Lors de mes conversations avec Amir Muhammad, j’ai été frappé de voir que les anciennes méthodes de censure auxquelles les gens de notre génération sont habitués – l’ostentatoire retrait de la vente, par des gangs de policiers, de quelques titres outrageants – sont aujourd’hui en train de disparaître pour laisser place à des méthodes plus furtives et insidieuses : les qualités abrutissantes – et aboutissant à l’auto-censure – de l’abondance et de l’ambivalence.
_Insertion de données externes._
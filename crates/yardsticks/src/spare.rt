//! Which zones hold nothing that the array needs, and the clearing of a drive.

ghost use Rattle.std.specs.Prelude.{◌≡◌, ◌⊎◌, ◌↔◌, ◌<◌, ◌≤◌, ℕ, [], length, IfNone, IfOk, IfSome, IsTrue, OnOk};
ghost use Rattle.std.specs.List.{AllByRecursion};
ghost use Rattle.yardsticks.specs.Batches.{batch_of, held_blocks};
ghost use Rattle.drive_array.specs.Records.{without};
ghost use Rattle.drive_array.specs.Spare.{HasSpare, IsBefore, IsHalfClean, IsLowest, IsMoveFrom};
ghost use Rattle.drive_array.specs.Spare.{IsSpare, IsVacant, NoneBelow, first_sequence};
ghost use Rattle.drive_array.specs.ZoneLogs.{log_at};
ghost use Rattle.yardsticks.specs.Zones.{HasClearing, held_logs};

use crate::array::array;
use crate::batches::Batch;
use batch_log::Kind;
use std::alloc::{AllocError, Global};

fn is_move_from(batch: &Batch, source: u32) -> bool
    ensures { IsTrue result ↔ IsMoveFrom source (batch_of batch.now) }
{
    match batch.header.kind {
        Kind::Move => batch.header.source == source,
        Kind::Host => false,
    }
}

fn are_moves_from(log: &[Batch], source: u32) -> bool
    ensures { IsTrue result ↔ AllByRecursion (λ batch. IsMoveFrom source (batch_of batch)) log.now }
{
    log.iter().all(|batch| is_move_from(batch, source))
}

/// The zone from which all batches of a log were moved, if there is a batch and all have one source.
fn moved_from(log: &[Batch]) -> Option<u32>
    ensures some { IfSome result (λ source. (1 ≤ length log.now)
        × AllByRecursion (λ batch. IsMoveFrom source (batch_of batch)) log.now) }
    ensures none { IfNone result ((source : ℕ)
        → AllByRecursion (λ batch. IsMoveFrom source (batch_of batch)) log.now → log.now ≡ []) }
{
    let source = log.first()?.header.source;
    if !are_moves_from(log, source) {
        return None;
    }
    Some(source)
}

/// The sequence of the first batch of a zone.
fn first_sequence(logs: &[Vec<Batch>], zone: usize) -> Option<u64>
    ensures { result ≡ first_sequence (log_at (held_logs logs.now) zone) }
{
    Some(logs.get(zone)?.first()?.header.sequence)
}

/// Whether both zones have a batch, and the first batch of the one is older than the other's.
fn is_older(logs: &[Vec<Batch>], zone: usize, other: usize) -> bool
    ensures { IsTrue result ↔ IsBefore (first_sequence (log_at (held_logs logs.now) zone))
        (first_sequence (log_at (held_logs logs.now) other)) }
{
    match (first_sequence(logs, zone), first_sequence(logs, other)) {
        (Some(old), Some(new)) => old < new,
        _ => false,
    }
}

fn is_same(block: &[u8], other: &[u8]) -> bool
    ensures { IsTrue result ↔ (block.now ≡ other.now) }
{
    block == other
}

fn are_same(blocks: &[Vec<u8>], others: &[Vec<u8>]) -> bool
    ensures { IsTrue result ↔ (held_blocks blocks.now ≡ held_blocks others.now) }
{
    if blocks.len() != others.len() {
        return false;
    }
    for (i, block) in blocks.iter().enumerate() {
        if !is_same(block, &others[i]) {
            return false;
        }
    }
    true
}

/// Whether the array is the same without the batches of a zone.
fn is_spare(
    alloc: Global,
    block_bytes: usize,
    n: u32,
    logs: &[Vec<Batch>],
    zone: usize,
) -> Result<bool, AllocError>
    ensures { IfOk result (λ b. IsTrue b ↔ IsSpare block_bytes n (held_logs logs.now) zone) }
{
    let all = array(alloc, block_bytes, n, logs, None)?;
    let rest = array(alloc, block_bytes, n, logs, Some(zone))?;
    Ok(are_same(&rest, &all))
}

fn is_half_clean(
    alloc: Global,
    block_bytes: usize,
    n: u32,
    logs: &[Vec<Batch>],
    zone: usize,
) -> Result<bool, AllocError>
    requires { zone < length logs.now }
    ensures { IfOk result (λ b. IsTrue b ↔ IsHalfClean block_bytes n (held_logs logs.now) zone) }
{
    let Some(source) = moved_from(&logs[zone]) else {
        return Ok(false);
    };
    if source as usize == zone {
        return Ok(false);
    }
    if !is_older(logs, source as usize, zone) {
        return Ok(false);
    }
    is_spare(alloc, block_bytes, n, logs, zone)
}

fn is_vacant_or_half_clean(
    alloc: Global,
    block_bytes: usize,
    n: u32,
    logs: &[Vec<Batch>],
    zone: usize,
) -> Result<bool, AllocError>
    requires { zone < length logs.now }
    ensures { let all = held_logs logs.now in
        IfOk result (λ b. IsTrue b ↔ (IsVacant all zone ⊎ IsHalfClean block_bytes n all zone)) }
{
    if logs[zone].is_empty() {
        return Ok(true);
    }
    is_half_clean(alloc, block_bytes, n, logs, zone)
}

pub(crate) fn has_spare(
    alloc: Global,
    block_bytes: usize,
    n: u32,
    logs: &[Vec<Batch>],
) -> Result<bool, AllocError>
    ensures { IfOk result (λ b. IsTrue b ↔ HasSpare block_bytes n (held_logs logs.now)) }
{
    for zone in 0..logs.len() {
        if is_vacant_or_half_clean(alloc, block_bytes, n, logs, zone)? {
            return Ok(true);
        }
    }
    Ok(false)
}

/// The lowest half clean zone, if any.
fn lowest_half_clean(
    alloc: Global,
    block_bytes: usize,
    n: u32,
    logs: &[Vec<Batch>],
) -> Result<Option<usize>, AllocError>
    ensures some { let all = held_logs logs.now in
        IfOk result (λ found. IfSome found (IsLowest block_bytes n all)) }
    ensures none { let all = held_logs logs.now in
        IfOk result (λ found. IfNone found (NoneBelow block_bytes n all (length all))) }
{
    for zone in 0..logs.len() {
        if is_half_clean(alloc, block_bytes, n, logs, zone)? {
            return Ok(Some(zone));
        }
    }
    Ok(None)
}

fn empty_zone(logs: &mut Vec<Vec<Batch>>, zone: usize)
    requires { zone < length logs.old.items }
    ensures { held_logs logs.new.items ≡ without (held_logs logs.old.items) zone }
{
    logs[zone].clear();
}

/// Empties the lowest half clean zone, again and again, until there is none.
pub(crate) fn clear(
    alloc: Global,
    block_bytes: usize,
    n: u32,
    logs: &mut Vec<Vec<Batch>>,
) -> Result<(), AllocError>
    ensures { OnOk result
        (HasClearing block_bytes n (held_logs logs.old.items) (held_logs logs.new.items)) }
{
    loop {
        let Some(zone) = lowest_half_clean(alloc, block_bytes, n, logs)? else {
            return Ok(());
        };
        empty_zone(logs, zone);
    }
}
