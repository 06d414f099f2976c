//! The live records of a zone.

ghost use Rattle.std.specs.Prelude.{◌≡◌};
ghost use Rattle.std.specs.Option.{option_map};
ghost use Rattle.drive_array.specs.Repair.{live_records, live_data};
ghost use Rattle.yardsticks.specs.Zones.{is_data_in, is_said_in, held_logs, saying_of};

use crate::array::{Said, newest};
use crate::batches::Batch;

fn is_said_in(said: Option<Said>, zone: usize) -> bool
    ensures { result ≡ is_said_in zone (option_map saying_of said.entry) }
{
    match said {
        Some(said) => said.zone == zone,
        None => false,
    }
}

fn is_data_in(said: Option<Said>, zone: usize) -> bool
    ensures { result ≡ is_data_in zone (option_map saying_of said.entry) }
{
    match said {
        Some(said) => said.zone == zone && said.content.is_some(),
        None => false,
    }
}

/// Of the blocks below a size, how many have their newest record in a zone.
pub(crate) fn live(size: u32, logs: &[Vec<Batch>], zone: usize) -> u32
    ensures { result ≡ live_records size (held_logs logs.now) zone }
{
    let mut count = 0;
    for block in 0..size {
        if is_said_in(newest(logs, None, block as u64), zone) {
            count += 1;
        }
    }
    count
}

/// And how many of these records are data.
pub(crate) fn live_data(size: u32, logs: &[Vec<Batch>], zone: usize) -> u32
    ensures { result ≡ live_data size (held_logs logs.now) zone }
{
    let mut count = 0;
    for block in 0..size {
        if is_data_in(newest(logs, None, block as u64), zone) {
            count += 1;
        }
    }
    count
}
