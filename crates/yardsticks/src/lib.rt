//! Plain programs that compute definitions just as they stand: the log of a zone and its torn tail, the array that a
//! drive encodes, whether a drive can be mounted, the quota of records.
//!
//! ```text
//! let zones = [ZoneImage { state: ZoneState::Closed, blocks }, ..];
//! let array = encoded_array(alloc, &geometry, &zones, 8)?; // 8 blocks, if no header has a size
//! let mountable = is_mountable(alloc, &geometry, &zones, 8)?;
//! ```
//!
//! # What is promised
//!
//! They compute what `batch_log` and `drive_array` define, so that tests and worked runs can compare what a host does
//! with what is defined. They are slow and copy all data. No host calls them.
//!
//! A `LyingDevice` returns other bytes at one Read than are held. It is a device, but not an honest one: its drive is
//! clean until then (`specs/Lying.antt`).
//!
//! A `FailingDevice` fails at one command, or at each Read of one block. It holds what the device within holds
//! (`specs/Failing.antt`).
//!
//! `chance` gives tests numbers that are the same in each run, and `restarted` a copy of a drive.
//!
//! Tests: the rows of `worked_runs`, which compare it with what the disk does.
#![tactic(auto)]

mod array;
mod batches;
mod by_chance;
mod copies;
mod failing;
mod live;
mod logs;
mod lying;
mod mountable;
mod repair;
mod reserve;
mod sequences;
mod sizes;
mod spare;

pub use array::encoded_array;
pub use batches::{Batch, ZoneLog, is_heading, log};
pub use by_chance::chance;
pub use copies::restarted;
pub use failing::FailingDevice;
pub use logs::ZoneImage;
pub use lying::LyingDevice;
pub use mountable::is_mountable;
pub use reserve::quota;
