//! Runs of lines: the lines of a reader are answered, in order, and a writer gets their replies.
//!
//! [`run_trace`] mounts a drive as a disk and answers the lines of a trace by the disk's calls. [`run_raw`] submits
//! the entry of each raw line to a drive. Both give the drive back. [`answer_trace`] answers lines over a disk that is
//! mounted: [`Taking`] says which, and whether the disk is flushed before a reply.
//!
//! ```text
//! let alloc = rt.alloc();
//! let drive = zone_drive::Drive::new(alloc, geometry)?;
//! let mut input = LineReader::new(alloc, rt.reader());
//! let mut output = io::writer(&rt);
//! let (drive, result) = disk_runs::run_trace(alloc, &mut input, &mut output, drive, 9);
//! if let Err(fault) = result {
//!     disk_runs::write_fault(alloc, fault, &mut output)?;
//! }
//! ```
//!
//! With the lines `fill 0 2 aa` and `read 1 1` the output is `ok`, `1 aa*512`, `ok`. The lines `write`, `trim`,
//! `idle`, `grow` and `remount` are answered too.
//!
//! # What is promised
//!
//! Of every honest device, every reader and every writer:
//!
//! * What is written are the replies of a flat disk, an array of blocks, to the lines that were read, in order,
//!   starting from the array that the drive encoded. The drive that is given back keeps the array to which they lead
//!   (`Runs`, `AnswersAll`). The bytes are promised where the reader and the writer say by contract which bytes they
//!   have left and hold, as those in memory do.
//! * A run ends with `Ok` only where the reader ended and every line was answered. It stops at the first line that is
//!   too long or not in the grammar, or whose `write` data is not whole blocks, and tells its number (`StopsAt`). It
//!   stops at the first line whose call is refused otherwise than by `OutOfRange`, `Smaller` or `Reserve`: so never at
//!   a skipped line, a call of no block or one past the end. It also stops at the first refused `remount`, if the
//!   reader or the writer fails, and if memory runs out. All earlier lines are answered.
//! * Of the line at which a run stops a beginning of the reply is written only if the writer failed; its call is then
//!   done. If the disk refused the call, the array has a front of its write, fill or trim; it has not grown, but a
//!   stop may leave it grown. After any other fault nothing came of the line.
//! * A refusal by the disk comes only for its cause. Of a read `fault memory` comes only if its reply is full.
//! * A line `idle K` that is answered took K turns, each by the step of the clean that was next. A line `fill`,
//!   `write` or `trim` was one write of the disk, by batches that are as large as they can be: the first two leave
//!   records with data, and the last one leaves trims. A line `grow` appended a batch, also where the size is the
//!   present one. After each of these the headers say the size. A line that is skipped changed nothing. The lines that
//!   were answered lead, one after the other, from the disk that was mounted to the one whose drive is given back.
//! * A line takes no more commands than the disk's calls may, answered or refused, and throws no clean back that runs.
//!   So a run takes no more than all its lines may, with one for each flush; what its remounts take is not counted. A
//!   clean ends by its `capacity`-th turn, whatever lines fall between (`laws::runs_make_progress`).
//! * Where only reads are taken, any other call is not done, and ends the run as a line that is not in the grammar
//!   does. Such a run leaves the array as it was (`laws::reads_keep_array`).
//! * In a synced run the disk is flushed after each line but those that read or are skipped, before the reply. So a
//!   loss of power leaves the array after the last line that was replied to, or the one after the line that ended the
//!   run, if that line was done (`laws::replied_is_durable`). If the flush is refused, that ends the run, and the line
//!   has no reply.
//! * Each answer but `Mount` comes from a drive that was mounted, that can be mounted again, and that refused no
//!   command. `Mount` is the fault of the first mount, and then nothing is written; or of a line `remount`, which is
//!   refused only where memory ran out, or the drive has stopped or failed at a command. Such a drive can be mounted as
//!   well, with the same array.
//! * Over any device, whatever its Reads return, a run of lines ends, each reply has its form with whole blocks, the
//!   drive keeps its shape, and each line takes no more commands than it may (`answer_any_trace`,
//!   `laws::any_device_is_kept`). All else holds as long as each Read returned what the drive holds (`any_lines`).
//! * A run of raw lines writes the completions, and the returned data, of the steps that the drive takes from the
//!   state handed in: one for each line with an entry, each from a drive that had not stopped. The drive that is given
//!   back is in the state to which they lead. Of the last line a part is written only if the writer failed; its step
//!   was then taken. After any other fault it was not, except for a stop, which may fall inside it. Each fault comes
//!   only in its own case.
//! * [`write_fault`] writes the line of each fault.
//!
//! # What is not proved
//!
//! * That `Input` and `Output` come only if the reader or the writer failed.
//! * When replies are sent.
//! * That a `write` or a `fill` that is refused for memory is `fault disk 2`, and `fault memory` where its data, or
//!   the first 21 bytes of its reply, found no memory.
//!
//! Tests: the rows of `worked_runs`, and `runs.rt` of `job_tests`.
#![tactic(auto)]

mod fault;
mod fault_line;
pub mod laws;
mod lines;
mod raw;
mod reads;
mod requests;
mod taking;
mod trace;

pub use fault::RunFault;
pub use fault_line::write_fault;
pub use raw::run_raw;
pub use taking::Taking;
pub use trace::{answer_any_trace, answer_trace, run_trace};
Romances de vampires, histoires de zombies, sado-masochisme banalisé par le succès de Cinquante Nuances de Grey, né de l’Internet : à première vue, de telles publications pourraient être la marque de davantage de liberté, alors qu’en réalité elles trahissent une homogénéité et un conservatisme croissants, l’envahissement du marché de l’édition par ces livres dans des pays où les questions de liberté, de religion, de sexualité et d’équité sociale doivent encore être explorées de manière intelligible et nuancée. Mais la course constante à l’argent dans la moderne Asie signifie que les gens sont plus en quête d’évasion et de fantasmes dans leur temps libre, plutôt que de romans complexes et déprimants sur la condition humaine. A voir ce que les jeunes lisent en Malaisie, à Singapour, en Thaïlande et en Indonésie – sans parler des super-puissances chinoise et indienne –, il semblerait que le travail du censeur ne soit maintenant plus nécessaire, précisément en raison de ces limites franchies (ou de l’illusion de leur franchissement).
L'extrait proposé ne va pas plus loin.